DAPI staining of vacuolar inclusions was carried out using standard procedures.19
Cultures of each yeast strain were grown to OD600 = 0.2 and treated with 13 mM zinc and/or 0.22 µM rapamycin as needed. Strains were then grown for an additional 6 h before samples containing 5 OD units of cells were removed, pelleted for 5 min at 5,000 rpm, resuspended in an equal volume of TE buffer, spun again and finally resuspended in CSB buffer (200 mM HEPES, pH 7.4, 200 mM NaCl) with 1 µM PMSF together with the manufacturer's recommended amount of complete protease inhibitor cocktail (Roche Applied Science, 11873580001), and incubated at −20°C overnight. Cells were disrupted using a Branson Sonifier 450 (10% power, 50% duty cycle, for 4 bursts of 10 s separated by 3 min chilling on ice). This mixture was then spun for 20 min, 13,000 rpm at 4°C. The supernatant fraction was mixed with sufficient five-fold concentrated Laemmli sample buffer to bring the final solution to 1×. This mixture was then boiled for 10 min at 95°C and spun at 4°C for 10 min at 13,000 rpm. These samples and a Color Plus Protein Ladder (BioLabs, P-7711S) were separated using an 8.5% SDS-PAGE gel and transferred to a Protran® nitrocellulose membrane (Whatman, 10402452). The membrane was blocked with commercial Odyssey Blocking Buffer (Li-COR, 927-40000) overnight at 4°C and developed with primary rabbit polyclonal anti-GFP antiserum (632377; Clontech) for proteins extracted from the atg8Δ GFP-ATG8 strain, goat polyclonal anti-Ape1 (Santa Cruz Biotechnology, SC-26740) antibody for the PS, and primary rabbit polyclonal anti-actin antibody (Sigma-Aldrich, A2066) for both strains. Secondary antibodies were IR700-labeled goat anti-rabbit (Rockland, 611-130-122) and alkaline phosphatase-conjugated donkey anti-goat (Santa Cruz Biotechnology, SC-2037) antibody, respectively. Membranes developed with IR700 were scanned using a Li-Cor Odyssey Infrared Imaging System (Li-Cor Bioscience), whereas those treated with alkaline phosphatase conjugated antibody were developed according to standard methods.63 Each western blot was analyzed using ImageJ software (http://rsb.info.nih.gov/ij/index.html). The intensity of the band representing the protein of interest was normalized to that of actin. Each western blot has been replicated at least twice with similar results.

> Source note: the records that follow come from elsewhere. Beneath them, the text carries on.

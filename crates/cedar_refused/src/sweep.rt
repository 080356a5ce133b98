// Sweeps over the growths of a call: it is made while its first growth is refused, then its second, until one call goes
// through.
use crate::refusals::{refuse, was_refused};
use std::alloc::{AllocError, Global};

/// The outcome of a call while one growth was to be refused.
#[derive(Clone, Copy)]
pub enum Attempt {
    /// Nothing was refused, and the answer is as ever.
    Whole,
    /// Memory was refused, the call told it, and all else is as it should be.
    Refused,
    /// The fault of a call whose outcome is wrong.
    Wrong(&'static str),
}

/// A call that takes memory, with all that it is made on.
pub trait Call {
    /// Makes the call while the growth of this number is refused, and again with ample memory.
    fn attempt(&self, alloc: Global, number: u16) -> Result<Attempt, AllocError>;
}

pub const ANOTHER_ANSWER: &str = "its answer is another";

pub const ANOTHER_LATER: &str = "afterwards its answer is another";

pub const ANOTHER_POLICY: &str = "the policy is another";

/// The word for a call in which no growth was refused.
pub const NOTHING_REFUSED: &str = "nothing refused";

/// The word for a call that takes no memory.
pub const TAKES_NONE: &str = "no growth";

/// The most growths that a call may have.
const MOST: u16 = 20_000;

/// The outcome of all attempts, in words.
pub fn sweep<C: Call>(alloc: Global, call: &C) -> Result<String, AllocError> {
    let mut refused: u16 = 0;
    for number in 1..MOST {
        match call.attempt(alloc, number)? {
            Attempt::Whole if refused == 0 => return String::from_str(alloc, NOTHING_REFUSED),
            Attempt::Whole => return format!(in alloc; "{refused} growths, each refused"),
            Attempt::Refused => refused = number,
            Attempt::Wrong(fault) => return format!(in alloc; "growth {number}: {fault}"),
        }
    }
    String::from_str(alloc, "there is no end to its growths")
}

/// The outcome of a call whose answer is a success or not, if memory was refused or was not.
///
/// No call may pass over a refusal, because no call that is tried here takes memory only as a hint.
pub fn attempt_of(is_success: bool, was_refused: bool) -> Attempt {
    match (is_success, was_refused) {
        (true, false) => Attempt::Whole,
        (false, true) => Attempt::Refused,
        (true, true) => Attempt::Wrong("memory was refused, and it answers all the same"),
        (false, false) => Attempt::Wrong("it asks for memory that was not refused"),
    }
}

impl Attempt {
    /// The outcome itself if this condition holds, else the fault.
    pub fn only_if(self, is_so: bool, fault: &'static str) -> Attempt {
        match self {
            Attempt::Wrong(first) => Attempt::Wrong(first),
            other if is_so => other,
            _ => Attempt::Wrong(fault),
        }
    }
}

/// A question that takes memory, with all that it is asked about.
pub trait Question {
    type Answer: Drop;

    fn ask(&self, alloc: Global) -> Result<Self::Answer, AllocError>;

    /// All of an answer, as a text.
    fn show(&self, alloc: Global, answer: Self::Answer) -> Result<String, AllocError>;
}

/// The outcome of a question that is asked while the growth of this number is refused, and again with ample memory.
pub fn attempt_question<Q: Question>(
    alloc: Global,
    question: &Q,
    number: u16,
) -> Result<Attempt, AllocError> {
    let wanted = answer_in_full(alloc, question)?;
    refuse(alloc, number);
    let answer = question.ask(alloc);
    let attempt = attempt_of(answer.is_ok(), was_refused(alloc));
    let is_as_ever = match answer {
        Ok(answer) => question.show(alloc, answer)? == wanted,
        Err(_) => true,
    };
    let again = answer_in_full(alloc, question)?;
    Ok(
        attempt
            .only_if(is_as_ever, ANOTHER_ANSWER)
            .only_if(again == wanted, ANOTHER_LATER),
    )
}

/// The answer to a question with ample memory.
fn answer_in_full<Q: Question>(alloc: Global, question: &Q) -> Result<String, AllocError> {
    let answer = question.ask(alloc)?;
    question.show(alloc, answer)
}
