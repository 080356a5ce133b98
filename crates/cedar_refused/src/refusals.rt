// Refusals of memory: the dialogue with `scripts/refuse.c`, which stands between the program and the C library.
//
// `refuse.c` knows two sizes of blocks that nothing else asks for, takes them as words, and refuses them. Without it they are
// granted, and nothing is refused.
use std::alloc::{AllocError, Global};

/// A block of this size begins to refuse; with a number on top of it, only the growth of that number.
const BEGIN: usize = 50_000_000;

/// A block of this size ends the refusal. It is refused itself if a growth was.
const END: usize = 49_999_999;

/// The number of a growth that no call here has: nothing is refused.
pub const NEVER: u16 = u16::MAX;

fn is_granted(alloc: Global, size: usize) -> bool {
    let block: Result<Vec<u8>, AllocError> = Vec::with_capacity(alloc, size);
    block.is_ok()
}

/// Refuses the growth of this number from here on, counted from 1. The answer tells whether `refuse.c` listens.
pub fn refuse(alloc: Global, number: u16) -> bool {
    !is_granted(alloc, BEGIN.saturating_add(usize::from(number)))
}

/// Refuses each growth from here on.
pub fn refuse_all(alloc: Global) -> bool {
    refuse(alloc, 0)
}

/// Ends the refusal. The answer tells whether any growth was refused.
pub fn was_refused(alloc: Global) -> bool {
    !is_granted(alloc, END)
}
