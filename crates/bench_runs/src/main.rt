// Document 01's acceptance bench, rows that are only run: records of topic T and unique key k, appended and dispatched into an index of 2 slots and
// 4 items. Each of the first three lines, with two records stored at 10,000 and 10,999: from time, the second item's link, then the answer's number,
// the positions found and the items read. The other two, with one: its system flag, then dispatch's answer, its steps, the queue's entries and the
// used count.
#![tactic(auto)]

ghost use Rattle.std.specs.Prelude.{◌+◌, ◌≤◌};

use commit_log::Geometry;
use dispatch::Dispatched;
use dispatch_step::{Progress, Sizes};
use index_file::IndexSizes;
use record_writer::Parts;
use std::io;
use units::LogPosition;

const GEOMETRY: Geometry = Geometry {
    segment_size: 1024,
    first_position: LogPosition(0),
};

const INDEX: IndexSizes = IndexSizes {
    slot_count: 2,
    item_count: 4,
};

const HOST: [u8; 8] = [0; 8];

// The used count, and the second item's link.
const USED: usize = 36;

const LINK: usize = 104;

// The number in four bytes of the index.
fn number_at(index: &[u8; 128], at: usize) -> u64
    requires { at + 4 ≤ 128 }
{
    u64::from(codec::get_u32(index, at))
}

// One record more, the queue's with this offset: the log's end behind it.
fn append(
    log: &mut [u8; 1024],
    end: LogPosition,
    offset: u64,
    system_flag: u64,
    store_time: u64,
) -> LogPosition {
    let fields = [0, 0, 0, offset, system_flag, 0, store_time, 0, 0];
    commit_log::append(
        log,
        GEOMETRY,
        end,
        &fields,
        Parts {
            born_host: &HOST,
            store_host: &HOST,
            body: b"",
            topic: b"T",
            properties: b"UNIQ_KEY\x01k",
        },
    )
    .write_position
}

// The log, dispatched from its start.
fn file(
    log: &[u8; 1024],
    end: LogPosition,
    counts: &mut [u64; 16],
    index: &mut [u8; 128],
) -> Dispatched {
    let mut queues = [0u8; 40];
    let sizes = Sizes {
        geometry: GEOMETRY,
        queue_entries: 2,
        index: INDEX,
    };
    let start = Progress {
        position: LogPosition(0),
    };
    dispatch::dispatch(
        log,
        end,
        sizes,
        b"\x09\x00\x01\x00\x00\x00\x00\x00T",
        start,
        counts,
        &mut queues,
        index,
        3,
    )
}

// The query from this time on.
fn ask(rt: &HostRuntime, index: &[u8; 128], from: u64) -> io::Result<()> {
    let mut out = [0u64; 5];
    let made = index_query::query(index, INDEX, b"T", b"k", from, 20000, 5, &mut out);
    let link = number_at(index, LINK);
    println!(rt;
        "{from} {link} {} {} {}",
        u32::from(made.answer),
        made.found,
        made.read
    )
}

fn two_records(index: &mut [u8; 128]) {
    let mut log = [0u8; 1024];
    let mut counts = [0u64; 16];
    let middle = append(&mut log, LogPosition(0), 0, 0, 10000);
    let end = append(&mut log, middle, 1, 0, 10999);
    file(&log, end, &mut counts, index);
}

fn one_record(rt: &HostRuntime, system_flag: u64) -> io::Result<()> {
    let mut log = [0u8; 1024];
    let mut counts = [0u64; 16];
    let mut index = [0u8; 128];
    let end = append(&mut log, LogPosition(0), 0, system_flag, 10000);
    let made = file(&log, end, &mut counts, &mut index);
    let used = number_at(&index, USED);
    println!(rt;
        "{system_flag} {} {} {} {used}",
        u32::from(made.answer),
        made.steps,
        counts[0]
    )
}

fn main(rt: HostRuntime) -> io::Result<()> {
    let mut index = [0u8; 128];
    two_records(&mut index);
    ask(&rt, &index, 10000)?;
    ask(&rt, &index, 10500)?;
    codec::put_u32(&mut index, LINK, 2);
    ask(&rt, &index, 10000)?;
    one_record(&rt, 0)?;
    one_record(&rt, 4)
}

The authors would like to acknowledge that the financial assistance for this research and its publication was provided by NIH Grant Number P20 RR016448 from the COBRE Program of the National Center for Research Resources, the Department of Microbiology, Molecular Biology, and Biochemistry, and by the UI Student Grant Programs awarded to Slawomir Dziedzic. The authors would especially like to express their gratitude to Dr. Patricia Hartzell for her critical advice, exceptional encouragement and support, and for the use of her microscope throughout the course of this project.